Finding the largest cube inscribed in a hemisphere has been considered here previously. So let's consider the reverse relationship:
A hemisphere is inscribed in a cube with an edge of $1m$. What is the maximum radius of the hemisphere ?
Obviously a whole sphere of radius $\frac{1}{2}$ can be inscribed in the cube, but could a hemisphere of larger radius fit in there somehow?
On
Extending my comment on Win Vineeth's answer:
Imagine a flat circular disk $D$ of radius $1$ centered on the line $t\mapsto(t,t,t)$, and lying in a plane orthogonal to this line, such that it just touches the coordinate planes in three points forming an equilateral triangle.

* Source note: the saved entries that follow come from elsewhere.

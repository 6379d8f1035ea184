ghost use Rattle.std.specs.Prelude.{◌≡◌, ◌<◌, ℕ, List, ◌∷◌, find, map, length, not, IfSome, IsTrue};
ghost use Rattle.spec_actions.specs.Named.{is_printed_alone};
ghost use Rattle.spec_flow_text.specs.Names as names;

use crate::words::{begins_with_one_of, is_one_of};
use spec_actions::NamedField;

// Those that a flow may name.
const FIELDS: [NamedField; 49] = [
    NamedField::InPort,
    NamedField::Metadata,
    NamedField::Reg0,
    NamedField::Reg1,
    NamedField::Reg2,
    NamedField::Reg3,
    NamedField::Reg4,
    NamedField::Reg5,
    NamedField::Reg6,
    NamedField::Reg7,
    NamedField::Reg8,
    NamedField::Reg9,
    NamedField::Reg10,
    NamedField::Reg11,
    NamedField::Reg12,
    NamedField::Reg13,
    NamedField::Reg14,
    NamedField::Reg15,
    NamedField::DlSrc,
    NamedField::DlDst,
    NamedField::DlType,
    NamedField::VlanTci,
    NamedField::VlanVid,
    NamedField::VlanPcp,
    NamedField::NwSrc,
    NamedField::NwDst,
    NamedField::ArpSpa,
    NamedField::ArpTpa,
    NamedField::Ipv6Src,
    NamedField::Ipv6Dst,
    NamedField::NwProto,
    NamedField::ArpOp,
    NamedField::NwTos,
    NamedField::IpDscp,
    NamedField::NwEcn,
    NamedField::NwTtl,
    NamedField::IpFrag,
    NamedField::ArpSha,
    NamedField::ArpTha,
    NamedField::TpSrc,
    NamedField::TpDst,
    NamedField::TcpSrc,
    NamedField::TcpDst,
    NamedField::UdpSrc,
    NamedField::UdpDst,
    NamedField::IcmpType,
    NamedField::IcmpCode,
    NamedField::Icmpv6Type,
    NamedField::Icmpv6Code,
];

// The names of a field; the first is printed.
fn names_of(field: NamedField) -> &'static [&'static str]
    ensures names { map (λ w. w.now) result.now ≡ names.names_of field }
    ensures some { 0 < length result.now }
{
    match field {
        NamedField::InPort => &["in_port", "NXM_OF_IN_PORT"],
        NamedField::Metadata => &["metadata", "OXM_OF_METADATA"],
        NamedField::Reg0 => &["reg0", "NXM_NX_REG0"],
        NamedField::Reg1 => &["reg1", "NXM_NX_REG1"],
        NamedField::Reg2 => &["reg2", "NXM_NX_REG2"],
        NamedField::Reg3 => &["reg3", "NXM_NX_REG3"],
        NamedField::Reg4 => &["reg4", "NXM_NX_REG4"],
        NamedField::Reg5 => &["reg5", "NXM_NX_REG5"],
        NamedField::Reg6 => &["reg6", "NXM_NX_REG6"],
        NamedField::Reg7 => &["reg7", "NXM_NX_REG7"],
        NamedField::Reg8 => &["reg8", "NXM_NX_REG8"],
        NamedField::Reg9 => &["reg9", "NXM_NX_REG9"],
        NamedField::Reg10 => &["reg10", "NXM_NX_REG10"],
        NamedField::Reg11 => &["reg11", "NXM_NX_REG11"],
        NamedField::Reg12 => &["reg12", "NXM_NX_REG12"],
        NamedField::Reg13 => &["reg13", "NXM_NX_REG13"],
        NamedField::Reg14 => &["reg14", "NXM_NX_REG14"],
        NamedField::Reg15 => &["reg15", "NXM_NX_REG15"],
        NamedField::DlSrc => &["dl_src", "eth_src", "NXM_OF_ETH_SRC"],
        NamedField::DlDst => &["dl_dst", "eth_dst", "NXM_OF_ETH_DST"],
        NamedField::DlType => &["dl_type", "eth_type", "NXM_OF_ETH_TYPE"],
        NamedField::VlanTci => &["vlan_tci", "NXM_OF_VLAN_TCI"],
        NamedField::VlanVid => &["vlan_vid", "OXM_OF_VLAN_VID"],
        NamedField::VlanPcp => &["vlan_pcp", "dl_vlan_pcp", "OXM_OF_VLAN_PCP"],
        NamedField::NwSrc => &["nw_src", "ip_src", "NXM_OF_IP_SRC"],
        NamedField::NwDst => &["nw_dst", "ip_dst", "NXM_OF_IP_DST"],
        NamedField::ArpSpa => &["arp_spa", "NXM_OF_ARP_SPA"],
        NamedField::ArpTpa => &["arp_tpa", "NXM_OF_ARP_TPA"],
        NamedField::Ipv6Src => &["ipv6_src", "NXM_NX_IPV6_SRC"],
        NamedField::Ipv6Dst => &["ipv6_dst", "NXM_NX_IPV6_DST"],
        NamedField::NwProto => &["nw_proto", "ip_proto", "NXM_OF_IP_PROTO"],
        NamedField::ArpOp => &["arp_op", "NXM_OF_ARP_OP"],
        NamedField::NwTos => &["nw_tos", "NXM_OF_IP_TOS"],
        NamedField::IpDscp => &["ip_dscp", "OXM_OF_IP_DSCP"],
        NamedField::NwEcn => &["nw_ecn", "ip_ecn", "NXM_NX_IP_ECN"],
        NamedField::NwTtl => &["nw_ttl", "NXM_NX_IP_TTL"],
        NamedField::IpFrag => &["ip_frag", "NXM_NX_IP_FRAG"],
        NamedField::ArpSha => &["arp_sha", "NXM_NX_ARP_SHA"],
        NamedField::ArpTha => &["arp_tha", "NXM_NX_ARP_THA"],
        NamedField::TpSrc => &["tp_src"],
        NamedField::TpDst => &["tp_dst"],
        NamedField::TcpSrc => &["tcp_src", "NXM_OF_TCP_SRC"],
        NamedField::TcpDst => &["tcp_dst", "NXM_OF_TCP_DST"],
        NamedField::UdpSrc => &["udp_src", "NXM_OF_UDP_SRC"],
        NamedField::UdpDst => &["udp_dst", "NXM_OF_UDP_DST"],
        NamedField::IcmpType => &["icmp_type", "NXM_OF_ICMP_TYPE"],
        NamedField::IcmpCode => &["icmp_code", "NXM_OF_ICMP_CODE"],
        NamedField::Icmpv6Type => &["icmpv6_type", "NXM_NX_ICMPV6_TYPE"],
        NamedField::Icmpv6Code => &["icmpv6_code", "NXM_NX_ICMPV6_CODE"],
        NamedField::VlanTpid => &["vlan_tpid"],
        NamedField::VlanTci2 => &["vlan_tci2"],
        NamedField::VlanTpid2 => &["vlan_tpid2"],
    }
}

/// The name of a field that is printed.
pub fn name_of(field: NamedField) -> &'static str
    ensures { result.now ≡ names.name_of field }
{
    names_of(field)[0]
}

// Whether a field is called so.
fn is_called(name: &[u8], field: NamedField) -> bool
    ensures { result ≡ names.is_called name.now field }
{
    is_one_of(names_of(field), name)
}

// Fields among which a name that begins with this byte is found as among all. For the letters of names in lower case they
// are those that have such a name; none is called as `cookie`, `hard_age` or `priority` begin.
fn fields_with(first: u8) -> &'static [NamedField]
    ensures { (rest : List ℕ)
        → find (names.is_called (first ∷ rest)) result.now ≡ names.field_named (first ∷ rest) }
{
    match first {
        b'a' => &[
            NamedField::ArpSpa,
            NamedField::ArpTpa,
            NamedField::ArpOp,
            NamedField::ArpSha,
            NamedField::ArpTha,
        ],
        b'd' => &[
            NamedField::DlSrc,
            NamedField::DlDst,
            NamedField::DlType,
            NamedField::VlanPcp,
        ],
        b'e' => &[NamedField::DlSrc, NamedField::DlDst, NamedField::DlType],
        b'i' => &[
            NamedField::InPort,
            NamedField::NwSrc,
            NamedField::NwDst,
            NamedField::Ipv6Src,
            NamedField::Ipv6Dst,
            NamedField::NwProto,
            NamedField::IpDscp,
            NamedField::NwEcn,
            NamedField::IpFrag,
            NamedField::IcmpType,
            NamedField::IcmpCode,
            NamedField::Icmpv6Type,
            NamedField::Icmpv6Code,
        ],
        b'm' => &[NamedField::Metadata],
        b'n' => &[
            NamedField::NwSrc,
            NamedField::NwDst,
            NamedField::NwProto,
            NamedField::NwTos,
            NamedField::NwEcn,
            NamedField::NwTtl,
        ],
        b't' => &[
            NamedField::TpSrc,
            NamedField::TpDst,
            NamedField::TcpSrc,
            NamedField::TcpDst,
        ],
        b'u' => &[NamedField::UdpSrc, NamedField::UdpDst],
        b'v' => &[
            NamedField::VlanTci,
            NamedField::VlanVid,
            NamedField::VlanPcp,
        ],
        b'c' | b'h' | b'p' => &[],
        _ => &FIELDS,
    }
}

// Fields among which a name is found as among all.
#[tactic(auto, using(crate::proofs::FirstLetters::found_by_first, crate::proofs::FirstLetters::no_name))]
fn candidates(name: &[u8]) -> &'static [NamedField]
    ensures { find (names.is_called name.now) result.now ≡ names.field_named name.now }
{
    match name.first() {
        None => &[],
        Some(first) => fields_with(*first),
    }
}

// The first of some fields that is called so.
fn first_called(fields: &[NamedField], name: &[u8]) -> Option<NamedField>
    ensures { result ≡ find (names.is_called name.now) fields.now }
{
    fields.iter().copied().find(|field| is_called(name, *field))
}

/// The field that a name means, which is one that a flow may name.
#[tactic(auto, using(crate::proofs::TextNames::found_is_in_text))]
pub fn field_named(name: &[u8]) -> Option<NamedField>
    ensures value { result ≡ names.field_named name.now }
    ensures in_text { IfSome result (λ field. IsTrue (not (is_printed_alone field))) }
{
    first_called(candidates(name), name)
}

// How the names of fields that are known and left out begin.
const FIELD_FAMILIES_LEFT_OUT: [&str; 9] = [
    "tun_", "tunnel", "mpls", "sctp", "nd_", "ct_", "xreg", "xxreg", "nsh_",
];

// The others that are.
const FIELDS_LEFT_OUT: [&str; 21] = [
    "recirc_id",
    "dp_hash",
    "pkt_mark",
    "conj_id",
    "actset_output",
    "skb_priority",
    "packet_type",
    "in_port_oxm",
    "tcp_flags",
    "ipv6_label",
    "rarp",
    "idle_timeout",
    "hard_timeout",
    "importance",
    "out_port",
    "out_group",
    "check_overlap",
    "send_flow_rem",
    "reset_counts",
    "no_packet_counts",
    "no_byte_counts",
];

/// Whether a name is that of a field or of an item of a flow that is known and left out.
#[tactic(auto, unfolding(spec_flow_text::specs::Names::is_field_left_out))]
pub fn is_field_left_out(name: &[u8]) -> bool
    ensures { result ≡ names.is_field_left_out name.now }
{
    begins_with_one_of(&FIELD_FAMILIES_LEFT_OUT, name) || is_one_of(&FIELDS_LEFT_OUT, name)
}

Doing a little coordinate geometry one computes $$M=\sqrt{2\over3}(1,1,1)\ ,$$ and the $(x,y)$-plane is touched at $\bigl(\sqrt{3\over2},\sqrt{3\over2},0\bigr)$. Erect a hemiball of radius $1$ on the "far side" of $D$. This hemiball will then fit into the cube $$\left[0,\sqrt{2\over3}+1\right]^3\ .$$ If the cube is required to have side length $1$ the admissible radius $\rho$ of the hemiball is therefore given by $$\rho={1\over \sqrt{2/3}+1}=3-\sqrt{6}\doteq0.5505\ .$$
Maximum radius without any doubt is $\frac 12m$
Imagine the hemisphere with the base on a side of the cube.